Gallagher explained that the mixes for the album weren’t right and he didn’t have the time he wanted to dedicate to making it right. But it was also true that the second album was very different to …High Flying Birds. He hadn’t said that he’d wanted to see whether rock or electronica would work best, but if he had asked that question, the answer seemed unequivocal. And he simply seemed to be having enough fun getting out with his new outfit. There didn’t seem to be any reason to hurry with a new album, though the very fact that he had kicked off solo life by working on two albums simultaneously was interesting in itself. At the height of Oasis mania in the 1990s, he’d often been depicted in the press as a party animal who had simply got lucky with a revivalist rock band. But his work rate now, in his 40s, belied that caricature. Underneath the Oasis rock’n’roll stereotype seemed to lurk a driven and imaginative creative force.

The High Flying Birds tour became markedly bigger into 2012. They would go on to play summer dates into September, including festivals and arenas, which made Noel Gallagher one of the biggest solo artists in the UK. He had adapted to what could have been a daunting change. ‘Oasis was a big cruise liner and now I’m like a Sunseeker speedboat,’ he said.

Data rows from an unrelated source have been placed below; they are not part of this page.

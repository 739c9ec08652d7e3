// Names: after scopes, of operators in parentheses, of types and of constructors.
ghost use Rattle.std.specs.Prelude.{false, true, ◌≡◌, ◌+◌, ◌&&◌, [], IfOk};
ghost use Rattle.parser.specs.parse_terms.Common.{same, Opname, Qhead, Qlid, Quids, Dot, Uident, called, lower, called_of, own_of};
ghost use Rattle.parser.specs.parse_terms.Names.{IsOperatorName, IsUpperName, scoped_of};
ghost use Rattle.parser.specs.parse_terms.Reading.{CanRead, IsRead, terminal_at};
ghost use Rattle.parser.specs.parse_terms.Sources.{lexemes};

use crate::parse_terms::source::Source;
use crate::parse_terms::tokens::{is_at, text};
use outside::{Seq, Text};
use std::alloc::{AllocError, Global};
use surface::{QName, Style};
use tokens_why::Terminal;

/// A name without scopes, and the token after it.
#[derive(Drop)]
pub struct OwnName {
    pub style: Style,
    pub text: Text,
    pub end: usize,
}

/// The operator that is named after a parenthesis. Only want of memory refuses.
pub fn operator_name(alloc: Global, source: Source, i: usize) -> Result<OwnName, AllocError>
    requires { CanRead (lexemes source) Opname i }
    ensures { IfOk result
        (λ r. IsOperatorName (lexemes source.entry) i (own_of r.style r.text) r.end) }
{
    let word = text(alloc, source, i)?;
    let following = i + 1;
    let closed = is_at(source, following, Terminal::RParen);
    if closed {
        return Ok(OwnName {
            style: Style::Infix,
            text: word,
            end: following + 1,
        });
    }
    Ok(OwnName {
        style: Style::Prefix,
        text: word,
        end: following + 1 + 1,
    })
}

/// Whether a scope begins: a name in upper case that a dot follows.
fn at_scope(source: Source, i: usize) -> bool
    ensures { result ≡ (same Uident (terminal_at (lexemes source.entry) i)
        && same Dot (terminal_at (lexemes source.entry) (i + 1))) }
{
    is_at(source, i, Terminal::Uident) && is_at(source, i + 1, Terminal::Dot)
}

/// A name's last part.
fn own_name(alloc: Global, source: Source, i: usize) -> Result<OwnName, AllocError>
    requires can { CanRead (lexemes source) Qhead i }
    requires last { (same Uident (terminal_at (lexemes source) i)
        && same Dot (terminal_at (lexemes source) (i + 1))) ≡ false }
    ensures { IfOk result (λ r. IsRead (lexemes source.entry) Qhead i
        (record { scopes = []; own = own_of r.style r.text }) r.end) }
{
    let is_lower = is_at(source, i, Terminal::Lident);
    if is_lower {
        let lower = text(alloc, source, i)?;
        return Ok(OwnName {
            style: Style::Plain,
            text: lower,
            end: i + 1,
        });
    }
    let is_upper = is_at(source, i, Terminal::Uident);
    if is_upper {
        let upper = text(alloc, source, i)?;
        return Ok(OwnName {
            style: Style::Plain,
            text: upper,
            end: i + 1,
        });
    }
    let is_star = is_at(source, i, Terminal::StarName);
    if is_star {
        let star = Text::from_slice(alloc, b"*")?;
        return Ok(OwnName {
            style: Style::Star,
            text: star,
            end: i + 1,
        });
    }
    let name = operator_name(alloc, source, i + 1)?;
    Ok(name)
}

/// A name of a term after its scopes, and the token after it. Only want of memory refuses.
pub fn head_name(alloc: Global, source: Source, i: usize) -> Result<(QName, usize), AllocError>
    requires { CanRead (lexemes source) Qhead i }
    ensures read { IfOk result (λ r. IsRead (lexemes source.entry) Qhead i (scoped_of r.0) r.1) }
    ensures place { IfOk result (λ r. r.0.at ≡ i) }
{
    let mut scopes: Vec<Text> = Vec::new(alloc);
    let mut j = i;
    'scopes: while at_scope(source, j) {
        let word = text(alloc, source, j)?;
        scopes.push(word)?;
        j = j + 1 + 1;
    }
    let own = own_name(alloc, source, j)?;
    let name = QName {
        at: i,
        scopes: Seq::from_vec(scopes),
        style: own.style,
        text: own.text,
    };
    Ok((name, own.end))
}

/// A name of a type after its scopes, and the token after it. Only want of memory refuses.
pub fn lower_name(alloc: Global, source: Source, i: usize) -> Result<(QName, usize), AllocError>
    requires { CanRead (lexemes source) Qlid i }
    ensures read { IfOk result (λ r. IsRead (lexemes source.entry) Qlid i
        (record { scopes = r.0.scopes; last = r.0.text }) r.1) }
    ensures name { IfOk result (λ r. called_of r.0 ≡ called i r.0.scopes (lower r.0.text)) }
{
    let mut scopes: Vec<Text> = Vec::new(alloc);
    let mut j = i;
    'scopes: while is_at(source, j, Terminal::Uident) {
        let word = text(alloc, source, j)?;
        scopes.push(word)?;
        j = j + 1 + 1;
    }
    let last = text(alloc, source, j)?;
    let name = QName {
        at: i,
        scopes: Seq::from_vec(scopes),
        style: Style::Plain,
        text: last,
    };
    Ok((name, j + 1))
}

/// A name of a constructor after its scopes, and the token after it. Only want of memory refuses.
pub fn upper_name(alloc: Global, source: Source, i: usize) -> Result<(QName, usize), AllocError>
    requires first { same Uident (terminal_at (lexemes source) i) ≡ true }
    requires can { CanRead (lexemes source) Quids (i + 1) }
    ensures { IfOk result (λ r. IsUpperName (lexemes source.entry) i (called_of r.0) r.1) }
{
    let mut scopes: Vec<Text> = Vec::new(alloc);
    let mut last = text(alloc, source, i)?;
    let mut j = i + 1;
    'scopes: while is_at(source, j, Terminal::Dot) {
        let word = text(alloc, source, j + 1)?;
        scopes.push(last)?;
        last = word;
        j = j + 1 + 1;
    }
    let name = QName {
        at: i,
        scopes: Seq::from_vec(scopes),
        style: Style::Plain,
        text: last,
    };
    Ok((name, j))
}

At T In The Park in Scotland on 7 July, the soap opera headlines which might once have tracked Oasis were all about the reunion of the Stone Roses but the High Flying Birds preceded them with a set that nevertheless commanded total attention. As a live proposition, Gallagher always had a look about him that spoke less of the rock star aura than it did of an expression of concentration on his playing that might be mistaken for mild exasperation. Yet the audience notably sang along to all the new songs as much as the classics from the old band. He concluded with ‘Don’t Look Back in Anger’ and, as had become customary, left the choruses to the fans. They were still singing them after the band had left, a whole field of people holding the band’s presence for just a few more minutes, many of them too young even to have seen the last line-up of Oasis perform the song live.

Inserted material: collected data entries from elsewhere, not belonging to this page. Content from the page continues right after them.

// Lists of patterns and names, as they are in branches and binders.
ghost use Rattle.std.specs.Prelude.{◌∷◌, IfOk};
ghost use Rattle.parser.specs.parse_terms.Common.{Lident, binder_of, patterns};
ghost use Rattle.grammar.specs.declared.symbols.Symbol.TheVariants as rule;
ghost use Rattle.parser.specs.parse_terms.Reading.{CanRun};
ghost use Rattle.parser.specs.parse_terms.Sources.{lexemes};
ghost use Rattle.parser.specs.parse_terms.Terms.{IsAlternative, IsBinder};
ghost use Rattle.parser.specs.parse_terms.Binders.{IsNaming};

use crate::parse_terms::patterns::pattern;
use crate::parse_terms::source::Source;
use crate::parse_terms::tokens::{is_at, name_at};
use crate::parse_terms::types::type_tree;
use outside::Seq;
use std::alloc::{AllocError, Global};
use surface::{BinderTree, Name, Pat};
use tokens_why::Terminal;

/// The patterns of an alternative, and the token after them. Only want of memory refuses.
pub fn alternative(alloc: Global, source: Source, i: usize) -> Result<(Seq<Pat>, usize), AllocError>
    requires { CanRun (lexemes source) (λ k. rule.Pat ∷ rule.Arm ∷ k) i }
    ensures { IfOk result (λ r. IsAlternative (lexemes source.entry) i (patterns r.0) r.1) }
{
    let mut parts: Vec<Pat> = Vec::new(alloc);
    let (first, mut j) = pattern(alloc, source, i)?;
    parts.push(first)?;
    'more: while is_at(source, j, Terminal::Comma) {
        let (next, end) = pattern(alloc, source, j + 1)?;
        parts.push(next)?;
        j = end;
    }
    Ok((Seq::from_vec(parts), j))
}

/// The names that are bound together, and the token after the last one. Only want of memory refuses.
fn bound_names(alloc: Global, source: Source, i: usize) -> Result<(Seq<Name>, usize), AllocError>
    requires { CanRun (lexemes source) (λ k. rule.Take Lident ∷ rule.Binder ∷ k) i }
    ensures { IfOk result (λ r. IsNaming (lexemes source.entry) i r.0 r.1) }
{
    let mut names: Vec<Name> = Vec::new(alloc);
    let first = name_at(alloc, source, i)?;
    names.push(first)?;
    let mut j = i + 1;
    'more: while is_at(source, j, Terminal::Lident) {
        let next = name_at(alloc, source, j)?;
        names.push(next)?;
        j = j + 1;
    }
    Ok((Seq::from_vec(names), j))
}

/// Names that are bound and their type, and the token after them. Only want of memory refuses.
pub fn binder(alloc: Global, source: Source, i: usize) -> Result<(BinderTree, usize), AllocError>
    requires { CanRun (lexemes source) (λ k. rule.Take Lident ∷ rule.Binder ∷ k) i }
    ensures { IfOk result (λ r. IsBinder (lexemes source.entry) i (binder_of r.0) r.1) }
{
    let (names, j) = bound_names(alloc, source, i)?;
    let typed = is_at(source, j, Terminal::Colon);
    if typed {
        let (ty, end) = type_tree(alloc, source, j + 1)?;
        let tree = BinderTree {
            names,
            ty: Some(ty),
        };
        return Ok((tree, end));
    }
    Ok((BinderTree { names, ty: None }, j))
}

The doubts and the critics were silenced in 2012. The Scottish performance came midway through a tremendous year which had begun in great style with a Brit nomination for his new album and the NME Godlike Genius award – the recognition of lifetime achievement which had previously gone to Primal Scream and Gallagher’s own friends and influences Ian Brown and Paul Weller. Things had panned out to a perfect balance for Gallagher, succeeding on his own terms and yet playing gigs of a size manageable enough for him to give b-sides an airing which would have been lost in the stadium years of Oasis. But Gallagher had always been good at remembering what it was like to want to hear the less obvious numbers in a band’s catalogue as a fan himself – ‘I used to go and see the Smiths and they’d always play those fucking brilliant b-sides and I’d always think, Fucking hell, “This Charming Man” is great but “Rubber Ring”? That’s the shit!’

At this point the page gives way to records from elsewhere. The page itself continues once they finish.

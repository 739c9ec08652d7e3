// Patterns, where they are known to be there: each call reads one, and says where it ends.
ghost use Rattle.std.specs.Prelude.{true, ◌≡◌, ◌<◌, ◌∷◌, IfOk};
ghost use Rattle.parser.specs.parse_terms.Common.{same, pattern_of, patterns, form_part_of};
ghost use Rattle.grammar.specs.declared.symbols.Symbol.TheVariants as rule;
ghost use Rattle.parser.specs.parse_terms.Patterns.{IsBare};
ghost use Rattle.parser.specs.parse_terms.Reading.{CanRead, CanRun, IsRead, terminal_at};
ghost use Rattle.parser.specs.parse_terms.Records.{IsReadFormField};
ghost use Rattle.tokens_why.specs.declared.terminal.Terminal.TheVariants as t;
ghost use Rattle.parser.specs.parse_terms.Sources.{lexemes};

use crate::parse_terms::names::{lower_name, upper_name};
use crate::parse_terms::operators::past_semicolon;
use crate::parse_terms::source::Source;
use crate::parse_terms::tokens::{at_next_field, at_pattern, is_at, name_at, place};
use outside::Seq;
use std::alloc::{AllocError, Global};
use surface::{FieldPat, Pat, PatNode};
use tokens_why::Terminal;

/// A pattern, and the token after it. Only want of memory refuses.
#[cycle(pattern_descent)]
pub fn pattern(alloc: Global, source: Source, i: usize) -> Result<(Pat, usize), AllocError>
    requires { CanRead (lexemes source) rule.Pat i }
    ensures { IfOk result (λ r. IsRead (lexemes source.entry) rule.Pat i (pattern_of r.0) r.1) }
{
    let (inner, end) = bare_pattern(alloc, source, i)?;
    let is_named = is_at(source, end, Terminal::AsWord);
    if is_named {
        let following = end + 1;
        let name = name_at(alloc, source, following)?;
        let here = place(i);
        let tree = Pat::alias(alloc, here, inner, name)?;
        return Ok((tree, following + 1));
    }
    Ok((inner, end))
}

/// A pattern without the name that may follow.
#[cycle(pattern_descent)]
fn bare_pattern(alloc: Global, source: Source, i: usize) -> Result<(Pat, usize), AllocError>
    requires { CanRead (lexemes source) rule.Pat i }
    ensures { IfOk result (λ r. IsBare (lexemes source.entry) i (pattern_of r.0) r.1) }
{
    let is_constructor = is_at(source, i, Terminal::Uident);
    if is_constructor {
        let here = place(i);
        let (name, j) = upper_name(alloc, source, i)?;
        let (parts, end) = pattern_parts(alloc, source, j)?;
        return Ok((Pat::new(here, PatNode::Con(name, parts)), end));
    }
    let (tree, end) = pattern_atom(alloc, source, i)?;
    Ok((tree, end))
}

/// A pattern that stands as a part.
#[cycle(pattern_descent)]
fn pattern_atom(alloc: Global, source: Source, i: usize) -> Result<(Pat, usize), AllocError>
    requires { CanRead (lexemes source) rule.Patom i }
    ensures { IfOk result (λ r. IsRead (lexemes source.entry) rule.Patom i (pattern_of r.0) r.1) }
{
    let here = place(i);
    let is_wild = is_at(source, i, Terminal::Wild);
    if is_wild {
        return Ok((Pat::new(here, PatNode::Wild), i + 1));
    }
    let is_name = is_at(source, i, Terminal::Lident);
    if is_name {
        let name = name_at(alloc, source, i)?;
        return Ok((Pat::new(here, PatNode::Var(name)), i + 1));
    }
    let is_constant = is_at(source, i, Terminal::Uident);
    if is_constant {
        let (name, end) = upper_name(alloc, source, i)?;
        return Ok((Pat::new(here, PatNode::Con(name, Seq::new(alloc))), end));
    }
    let is_record = is_at(source, i, Terminal::LBrace);
    if is_record {
        return pattern_record(alloc, source, i);
    }
    let (parts, end) = pattern_list(alloc, source, i + 1)?;
    Ok((Pat::new(here, PatNode::Group(parts)), end))
}

/// A record.
#[cycle(pattern_descent)]
fn pattern_record(alloc: Global, source: Source, i: usize) -> Result<(Pat, usize), AllocError>
    requires can { CanRead (lexemes source) rule.Patom i }
    requires opens { same t.LBrace (terminal_at (lexemes source) i) ≡ true }
    ensures { IfOk result (λ r. IsRead (lexemes source.entry) rule.Patom i (pattern_of r.0) r.1) }
{
    let mut fields: Vec<FieldPat> = Vec::new(alloc);
    let (first, mut j) = pattern_field(alloc, source, i + 1)?;
    fields.push(first)?;
    'more: while at_next_field(source, j) {
        let (next, end) = pattern_field(alloc, source, j + 1)?;
        fields.push(next)?;
        j = end;
    }
    let (semi, end) = past_semicolon(source, j);
    let here = place(i);
    let tree = Pat::new(here, PatNode::Fields(Seq::from_vec(fields), semi));
    Ok((tree, end + 1))
}

/// A field of a record and its pattern.
#[cycle(pattern_descent)]
fn pattern_field(alloc: Global, source: Source, i: usize) -> Result<(FieldPat, usize), AllocError>
    requires { CanRun (lexemes source) (λ k. rule.Qlid ∷ rule.Take t.Equal ∷ rule.Pat ∷ k) i }
    ensures { IfOk result (λ r. IsReadFormField (lexemes source.entry) i (form_part_of r.0) r.1) }
{
    let (name, j) = lower_name(alloc, source, i)?;
    let (value, end) = pattern(alloc, source, j + 1)?;
    Ok((FieldPat { name, value }, end))
}

/// Patterns side by side.
#[cycle(pattern_descent)]
fn pattern_parts(alloc: Global, source: Source, i: usize) -> Result<(Seq<Pat>, usize), AllocError>
    requires { CanRead (lexemes source) rule.Patoms i }
    ensures { IfOk result (λ r. IsRead (lexemes source.entry) rule.Patoms i (patterns r.0) r.1) }
{
    let mut parts: Vec<Pat> = Vec::new(alloc);
    let mut j = i;
    'parts: while at_pattern(source, j) {
        let (next, end) = pattern_atom(alloc, source, j)?;
        parts.push(next)?;
        j = end;
    }
    Ok((Seq::from_vec(parts), j))
}

/// Patterns in parentheses after the first one.
#[cycle(pattern_descent)]
fn pattern_list(alloc: Global, source: Source, i: usize) -> Result<(Seq<Pat>, usize), AllocError>
    requires { CanRead (lexemes source) rule.Ptuple i }
    ensures { IfOk result (λ r. IsRead (lexemes source.entry) rule.Ptuple i (patterns r.0) r.1) }
{
    let mut parts: Vec<Pat> = Vec::new(alloc);
    let is_empty = is_at(source, i, Terminal::RParen);
    if is_empty {
        return Ok((Seq::from_vec(parts), i + 1));
    }
    let (first, mut j) = pattern(alloc, source, i)?;
    parts.push(first)?;
    'more: while is_at(source, j, Terminal::Comma) {
        let (next, end) = pattern(alloc, source, j + 1)?;
        parts.push(next)?;
        j = end;
    }
    Ok((Seq::from_vec(parts), j + 1))
}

On stage for the first time with his new band at the Olympia in Dublin in late 2011, Noel Gallagher had emphatically realised the potential inherent in …High Flying Birds. He’d craftily become an accomplished front man over 18 years almost without anyone noticing, but then from his earliest years he had always been good at learning as long as it hadn’t involved going to school. From the days when he first realised how much music moved him, he had soaked up influences and carefully watched how the industry worked. It had seemed unlikely that Oasis would ever survive past their first or second album, but Gallagher’s upbringing and first steps into the Manchester music scene made him uniquely placed to take the industry and make it his own.